== Segment start ==
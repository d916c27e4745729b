//! Tests of the program `trappool`, through its top call.
#![tactic(auto)]

#[cfg(test)]
mod tests;
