ghost use Rattle.std.specs.Prelude.{◌≡◌, ◌+◌, IsTrue, OnErr, Ok, length, min, true, false};
ghost use Rattle.outside.specs.Tray.{Begins, Reads};

use crate::tray::{DeviceError, Tray};
use lists::names::Name;
use std::marker::Model;

/// A tray for tests: each file is the bytes of `head`, and then the byte `tail` without end. No call fails, and
/// contracts know nothing of the bytes.
#[derive(Drop)]
pub struct EndlessTray {
    head: Name,
    tail: u8,
    is_begun: bool,
    taken: usize,
}

impl Model for EndlessTray {
    ghost use Rattle.std.specs.Prelude.{◌≤◌, length};
    ghost use Rattle.outside.specs.Endless.{EndlessState};

    ghost Value = { EndlessState };

    ghost view = { λ e. record {
      head = e.head;
      tail = e.tail;
      begun = e.is_begun;
      taken = e.taken;
    } };

    ghost invariant = { λ e. e.taken ≤ length e.head };
}

impl EndlessTray {
    /// A tray whose files all begin with the head.
    pub fn new(head: Name, tail: u8) -> EndlessTray
        ensures { result ≡ record { head = head; tail = tail; begun = false; taken = 0 } }
    {
        EndlessTray {
            head,
            tail,
            is_begun: false,
            taken: 0,
        }
    }
}

impl Tray for EndlessTray {
    ghost use Rattle.outside.specs.Endless.{endless_tray_of, next_bytes};

    ghost state = { endless_tray_of };

    fn begin(&mut self, name: &str) -> Result<(), DeviceError>
        ensures tray { let before = endless_tray_of self.old in
            Begins name.now before (endless_tray_of self.new) result }
        ensures begun { self.new ≡ record self.old { begun = true; taken = 0 } }
        ensures never_fails { OnErr result ⊥ }
    {
        self.is_begun = true;
        self.taken = 0;
        Ok(())
    }

    fn read(&mut self, buf: &mut [u8]) -> Result<usize, DeviceError>
        requires { IsTrue self.old.begun }
        ensures tray { Reads (endless_tray_of self.old) (endless_tray_of self.new) result buf.new }
        ensures filled { result ≡ Ok (length buf.new) }
        ensures given { buf.new ≡ next_bytes self.old (length buf.new) }
        ensures taken { let taken = min (self.old.taken + length buf.new) (length self.old.head) in
            self.new ≡ record self.old { taken = taken } }
    {
        let count = (self.head.len() - self.taken).min(buf.len());
        let (prefix, rest) = buf.split_at_mut(count);
        prefix.copy_from_slice(&self.head.as_slice()[self.taken..self.taken + count]);
        rest.fill(self.tail);
        self.taken += count;
        Ok(buf.len())
    }
}
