ghost use Rattle.std.specs.Prelude.{◌≡◌};
ghost use Rattle.outside.specs.Disk.{fresh_disk};

use crate::disk_file::DiskFile;
use crate::mem_calls::fault;
use crate::rack::Rack;
use crate::tray::DeviceError;
use std::io;
use std::io::Write;
use std::marker::Model;
use std::rt::Files;

/// The files of a disk, and standard output. Contracts know nothing of their bytes.
///
/// A file takes its name when it is finished: then it is whole and written through to the disk. Until then, and where a
/// call fails, the old file of that name stays. What was begun is removed when the rack begins another file or is
/// dropped.
#[derive(Drop)]
pub struct DiskRack<'a, R: Files + Alloc + Print> {
    files: &'a R,
    current: Option<DiskFile<'a, R>>,
    faults: u64,
}

impl<'a, R: Files + Alloc + Print> Model for DiskRack<'a, R> {
    ghost use Rattle.outside.specs.Disk.{DiskState};
    ghost use Rattle.std.specs.Prelude.{is_some};

    ghost Value = { DiskState };

    ghost view = { λ d. record { is_open = is_some d.current; faults = d.faults } };
}

impl<'a, R: Files + Alloc + Print> DiskRack<'a, R> {
    /// A rack over the files of the system and its standard output. No file is open.
    pub fn new(files: &'a R) -> DiskRack<'a, R>
        ensures { result ≡ fresh_disk }
    {
        DiskRack {
            files,
            current: None,
            faults: 0,
        }
    }
}

impl<R: Files + Alloc + Print> Rack for DiskRack<'_, R> {
    ghost use Rattle.outside.specs.Disk.{disk_rack_of};

    ghost state = { disk_rack_of };

    fn create(&mut self, name: &str) -> Result<(), DeviceError> {
        self.current = None;
        self.current = DiskFile::create(self.files, name).ok();
        match &self.current {
            Some(_) => Ok(()),
            None => Err(fault(&mut self.faults)),
        }
    }

    fn write(&mut self, piece: &[u8]) -> Result<usize, DeviceError> {
        match &mut self.current {
            Some(file) => match file.write(piece) {
                Ok(count) => Ok(count),
                Err(DeviceError) => Err(fault(&mut self.faults)),
            },
            None => Err(fault(&mut self.faults)),
        }
    }

    fn finish(&mut self) -> Result<(), DeviceError> {
        match &mut self.current {
            Some(file) => match file.finish() {
                Ok(()) => {
                    self.current = None;
                    Ok(())
                }
                Err(DeviceError) => Err(fault(&mut self.faults)),
            },
            None => Err(fault(&mut self.faults)),
        }
    }

    fn tell(&mut self, text: &[u8]) -> Result<(), DeviceError> {
        match io::writer(self.files).write_all(text) {
            Ok(()) => Ok(()),
            Err(_) => Err(fault(&mut self.faults)),
        }
    }
}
== Segment end ==
* AIM OF THE EXERCISE *
What's required is that all of the material be returned exactly.

* TASK ANSWER *
repository d916c27e4745729b
//! Tests of the program `trappool`, through its top call.
#![tactic(auto)]

#[cfg(test)]
mod tests;
ghost use Rattle.std.specs.Prelude.{◌≡◌, ◌+◌, IsTrue, OnErr, Ok, length, min, true, false};
ghost use Rattle.outside.specs.Tray.{Begins, Reads};

use crate::tray::{DeviceError, Tray};
use lists::names::Name;
use std::marker::Model;

/// A tray for tests: each file is the bytes of `head`, and then the byte `tail` without end. No call fails, and
/// contracts know nothing of the bytes.
#[derive(Drop)]
pub struct EndlessTray {
    head: Name,
    tail: u8,
    is_begun: bool,
    taken: usize,
}

impl Model for EndlessTray {
    ghost use Rattle.std.specs.Prelude.{◌≤◌, length};
    ghost use Rattle.outside.specs.Endless.{EndlessState};

    ghost Value = { EndlessState };

    ghost view = { λ e. record {
      head = e.head;
      tail = e.tail;
      begun = e.is_begun;
      taken = e.taken;
    } };

    ghost invariant = { λ e. e.taken ≤ length e.head };
}

impl EndlessTray {
    /// A tray whose files all begin with the head.
    pub fn new(head: Name, tail: u8) -> EndlessTray
        ensures { result ≡ record { head = head; tail = tail; begun = false; taken = 0 } }
    {
        EndlessTray {
            head,
            tail,
            is_begun: false,
            taken: 0,
        }
    }
}

impl Tray for EndlessTray {
    ghost use Rattle.outside.specs.Endless.{endless_tray_of, next_bytes};

    ghost state = { endless_tray_of };

    fn begin(&mut self, name: &str) -> Result<(), DeviceError>
        ensures tray { let before = endless_tray_of self.old in
            Begins name.now before (endless_tray_of self.new) result }
        ensures begun { self.new ≡ record self.old { begun = true; taken = 0 } }
        ensures never_fails { OnErr result ⊥ }
    {
        self.is_begun = true;
        self.taken = 0;
        Ok(())
    }

    fn read(&mut self, buf: &mut [u8]) -> Result<usize, DeviceError>
        requires { IsTrue self.old.begun }
        ensures tray { Reads (endless_tray_of self.old) (endless_tray_of self.new) result buf.new }
        ensures filled { result ≡ Ok (length buf.new) }
        ensures given { buf.new ≡ next_bytes self.old (length buf.new) }
        ensures taken { let taken = min (self.old.taken + length buf.new) (length self.old.head) in
            self.new ≡ record self.old { taken = taken } }
    {
        let count = (self.head.len() - self.taken).min(buf.len());
        let (prefix, rest) = buf.split_at_mut(count);
        prefix.copy_from_slice(&self.head.as_slice()[self.taken..self.taken + count]);
        rest.fill(self.tail);
        self.taken += count;
        Ok(buf.len())
    }
}
ghost use Rattle.std.specs.Prelude.{◌≡◌};
ghost use Rattle.outside.specs.Disk.{fresh_disk};

use crate::disk_file::DiskFile;
use crate::mem_calls::fault;
use crate::rack::Rack;
use crate::tray::DeviceError;
use std::io;
use std::io::Write;
use std::marker::Model;
use std::rt::Files;

/// The files of a disk, and standard output. Contracts know nothing of their bytes.
///
/// A file takes its name when it is finished: then it is whole and written through to the disk. Until then, and where a
/// call fails, the old file of that name stays. What was begun is removed when the rack begins another file or is
/// dropped.
#[derive(Drop)]
pub struct DiskRack<'a, R: Files + Alloc + Print> {
    files: &'a R,
    current: Option<DiskFile<'a, R>>,
    faults: u64,
}

impl<'a, R: Files + Alloc + Print> Model for DiskRack<'a, R> {
    ghost use Rattle.outside.specs.Disk.{DiskState};
    ghost use Rattle.std.specs.Prelude.{is_some};

    ghost Value = { DiskState };

    ghost view = { λ d. record { is_open = is_some d.current; faults = d.faults } };
}

impl<'a, R: Files + Alloc + Print> DiskRack<'a, R> {
    /// A rack over the files of the system and its standard output. No file is open.
    pub fn new(files: &'a R) -> DiskRack<'a, R>
        ensures { result ≡ fresh_disk }
    {
        DiskRack {
            files,
            current: None,
            faults: 0,
        }
    }
}

impl<R: Files + Alloc + Print> Rack for DiskRack<'_, R> {
    ghost use Rattle.outside.specs.Disk.{disk_rack_of};

    ghost state = { disk_rack_of };

    fn create(&mut self, name: &str) -> Result<(), DeviceError> {
        self.current = None;
        self.current = DiskFile::create(self.files, name).ok();
        match &self.current {
            Some(_) => Ok(()),
            None => Err(fault(&mut self.faults)),
        }
    }

    fn write(&mut self, piece: &[u8]) -> Result<usize, DeviceError> {
        match &mut self.current {
            Some(file) => match file.write(piece) {
                Ok(count) => Ok(count),
                Err(DeviceError) => Err(fault(&mut self.faults)),
            },
            None => Err(fault(&mut self.faults)),
        }
    }

    fn finish(&mut self) -> Result<(), DeviceError> {
        match &mut self.current {
            Some(file) => match file.finish() {
                Ok(()) => {
                    self.current = None;
                    Ok(())
                }
                Err(DeviceError) => Err(fault(&mut self.faults)),
            },
            None => Err(fault(&mut self.faults)),
        }
    }

    fn tell(&mut self, text: &[u8]) -> Result<(), DeviceError> {
        match io::writer(self.files).write_all(text) {
            Ok(()) => Ok(()),
            Err(_) => Err(fault(&mut self.faults)),
        }
    }
}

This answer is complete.